In 1-3 sentences, what is some quick and simple advice and/or knowledge you can pass along that could help make the everyday person a better investor?

Below, you will find their responses.  I hope you enjoy, and make an effort to apply these nuggets of wisdom towards your own financial journey.  I also encourage you to follow each of them on your own time as well, so that you continually learn and enhance your portfolio investing knowledge.

Know your time horizon and invest accordingly. If you are investing for the long term, don’t worry about – much less react to - short term events.

Brad McMillan, CFA®, CAIA, MAI, AIF®, Chief Investment Officer at Commonwealth Financial Network
Author of The Independent Market Observer
Twitter handle:  BradMcMillanCFA


Investment success is not about skill…it's about behavior.

Carl Richards, CFP®, Creator of the Behavior Gap
Author of the Behavior Gap and the weekly Sketch Guy column in the New York Times
Twitter handle:  behaviorgap


We all get just one shot at making the financial journey from here to retirement. Failure is not an option. What are the implications? We should do everything possible to stack the odds in our favor--save diligently, diversify broadly, minimize investment costs, hold down taxes and buy insurance against major threats to our financial future.

Jonathan Clements, Director of Financial Education for Creative Planning
Author of How to Think About Money and Editor of Humble Dollar
Twitter handle:  ClementsMoney


In order to be a good investor, you have to start by simply being able to know and track how you’re doing.
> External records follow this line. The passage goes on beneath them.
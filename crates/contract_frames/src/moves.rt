ghost use Rattle.std.specs.Prelude.{◌≡◌, ◌∷◌, ◌+◌, ◌≤◌, OnErr, OnOk, drop, length};
ghost use Rattle.ocl_values.specs.Shape.{IsWellMade};
ghost use Rattle.entry_states.specs.Frames.{Grown, entered, left, opened};
ghost use Rattle.entry_states.specs.Overlays.{Picture};
ghost use Rattle.contract_frames.specs.Judging.{picture};
ghost use Rattle.contract_frames.specs.Entering.{IsCall, TopIsCall, entering, entering_units, leaving, top_post_units};
ghost use Rattle.contract_frames.specs.Holding.{Answers, NotMemory};

use crate::{FrameFault, all_true, check_post, check_pre};
use entry_states::{Call, Frame, Frames, Overlay};
use object_referrers::ReferrerStore;
use ocl_core::ContractNo;
use ocl_eval::Outcome;
use ocl_program::Program;
use ocl_values::Value;
use std::alloc::Global;
use std::sync::ledger::Ledger;
use use_lists::Items;
use use_steps::Steps;

/// Enters a call, where fewer calls are open than may be and all its preconditions are true, and gives
/// their numbers. It is refused with the first that is not. Each unit that is spent is counted.
pub fn enter<L: Ledger>(
    alloc: Global,
    program: &Program,
    store: &ReferrerStore,
    frames: &mut Frames,
    call: Call,
    limit: u32,
    steps: &mut Steps<L>,
) -> Result<Items<ContractNo>, FrameFault>
    requires call { IsCall program.now call }
    requires within { length frames.old ≤ limit }
    ensures told { Answers (entering program.now store.now call (length frames.old) limit) result }
    ensures pushed { OnOk result (frames.new ≡ opened call ∷ frames.old) }
    ensures keeps { OnOk result (entered frames.new (picture store.now) ≡ (call, picture store.now) ∷ entered frames.old (picture store.now)) }
    ensures stay { OnErr result (frames.new ≡ frames.old) }
    ensures units { NotMemory result (steps.new ≡ steps.old + entering_units program.now store.now call (length frames.old) limit) }
{
    if frames.depth() == limit {
        return Err(FrameFault::TooMany);
    }
    let outcomes = check_pre(alloc, program, store, &call, steps)?;
    let numbers = all_true(alloc, outcomes.as_slice())?;
    let overlay = Overlay::new(alloc);
    frames.push(Frame { call, overlay })?;
    Ok(numbers)
}

/// Leaves the top call, whatever its postconditions come to, and gives its frame with that. Each unit
/// that is spent is counted.
pub fn leave<L: Ledger>(
    alloc: Global,
    program: &Program,
    store: &ReferrerStore,
    frames: &mut Frames,
    given: &Value,
    steps: &mut Steps<L>,
) -> Result<(Frame, Items<(ContractNo, Outcome)>), FrameFault>
    requires given { IsWellMade given.now }
    requires call { TopIsCall program.now frames.old }
    ensures told { Answers (leaving program.now store.now frames.old given.now) result }
    ensures stay { OnOk result (frames.new ≡ left frames.old) }
    ensures keeps { OnOk result ((q : Picture) → entered frames.new q ≡ drop 1 (entered frames.old q)) }
    ensures grown { OnOk result (Grown (drop 1 frames.old) frames.new) }
    ensures none { NotMemory result (OnErr result (frames.new ≡ frames.old)) }
    ensures units { NotMemory result (steps.new ≡ steps.old + top_post_units program.now store.now frames.old given.now) }
{
    if frames.depth() == 0 {
        return Err(FrameFault::Nothing);
    }
    let outcomes = check_post(alloc, program, store, frames, given, steps)?;
    match frames.leave_top(alloc)? {
        None => Err(FrameFault::Nothing),
        Some(frame) => Ok((frame, outcomes)),
    }
}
Not just with respect to your investment accounts, but your household cash flow, and whether you’re managing your finances effectively to be able to save in the first place – since the reality is that when you’re getting started, WHETHER you save and invest is actually even more important than the returns you get ON those investments! So if you haven’t signed up for a platform like Mint.com yet, to automate the tracking of your household finances, start there first!

Michael Kitces, MSFS, MTAX, CFP®, CLU, ChFC, RHU, REBC, CASL, Partner and Director of Wealth Management at Pinnacle Advisory Group, Co-Founder of XY Planning Network
Author of Nerd's Eye View and Host of the Financial Advisor Success Podcast
Twitter handle:  MichaelKitces

A very special THANK YOU from me to all four contributors!  They are all extremely busy individuals, so I really appreciate the time each took to share their insights with us here.